# Where to enter AVC on Form 11



## extopia (15 Oct 2008)

Where on 2007 Form 11 does one enter an AVC (made by Oct 31 2008) to an Occupational Pension scheme. The section on Charges & Deductions only seems to deal with PRSA contributions.


----------



## Protocol (15 Oct 2008)

As an employee, should you not be using Form 12?

The AVC are at section 35 of Form 12.


----------



## extopia (15 Oct 2008)

Protocol said:


> As an employee, should you not be using Form 12?
> 
> The AVC are at section 35 of Form 12.



Married filling jointly, one employee, one self-employed. We use Online Form 11. (Even if I wanted to use Form 12 it's not available via ROS).


----------



## Protocol (15 Oct 2008)

I see.

Note that trade income up to 50k is allowed on the Form 12.

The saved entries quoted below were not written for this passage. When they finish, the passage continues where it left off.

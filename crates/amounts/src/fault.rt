// What every fault answers: the refusal that the fault table has for it.
ghost use Rattle.std.specs.Prelude.{◌≡◌};
ghost use Rattle.amounts.specs.declared.refusal.Refusal.{Refusal};

use crate::refusal::Refusal;

pub trait Fault {
    ghost described: { Self → Refusal };

    fn refusal(&self) -> Refusal
        ensures { result ≡ described self.now };
}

Sorry I can't be of more help.


----------



## Protocol (15 Oct 2008)

[broken link removed]

I see what you mean - space for RACs and PRSAs, but no sign of AVCs.

[broken link removed]


----------



## extopia (15 Oct 2008)

Hey, Protocol, I appreciate your checking it out, thanks. 

Maybe what I'm talking about - a pension plan provided by my spouse's employer - is actually an RAC? And in my case, I am self-employed sole trader and will be opening a pension plan by end of this month to qualify for relief on the contributions.

My spouse wants to make an additional payment to bring contributions to the maximum allowable.

What exactly is an RAC?


----------



## Protocol (16 Oct 2008)

Retirement Annuity Contract.

I had an RAC when I took out a personal pension while I was on contact, before I joined an occupational scheme.

So my personal pension was called an RAC.

I don't think occupational pensions are RACs??

If you take out a traditional private pension, it will be a RAC.  Your other choice is the more modern PRSA.


----------



## Clarkey (16 Oct 2008)

extopia said:


> Where on 2007 Form 11 does one enter an AVC (made by Oct 31 2008) to an Occupational Pension scheme. The section on Charges & Deductions only seems to deal with PRSA contributions.


 
Section 217 (C) on page 9


----------



## extopia (16 Oct 2008)

Clarkey said:


> Section 217 (C) on page 9



Yep, that appears to be it on the "paper" form! The equivalent line on the ROS version of the form is in the "Allowable Deductions Incurred in Employment" section of the PAYE/BIK/Pensions tab.

Many thanks, Clarkey.



(btw the 2007 form 11 is [broken link removed])


----------



## Graham_07 (16 Oct 2008)

Protocol said:


> Note that trade income up to 50k is allowed on the Form 12.


 
Do you mean you can be self-employed with income of up to €50Kpa and file a Form 12?


----------



## extopia (17 Oct 2008)

No. Form  12 is for employees, pensioners and non-proprietary directors.

Here's what it says on the form itself: 


_This tax Return should be completed by an individual whose source of income is from a PAYE employment or pension or by a non-proprietary company director who pays all his/her Income Tax under the PAYE system._


----------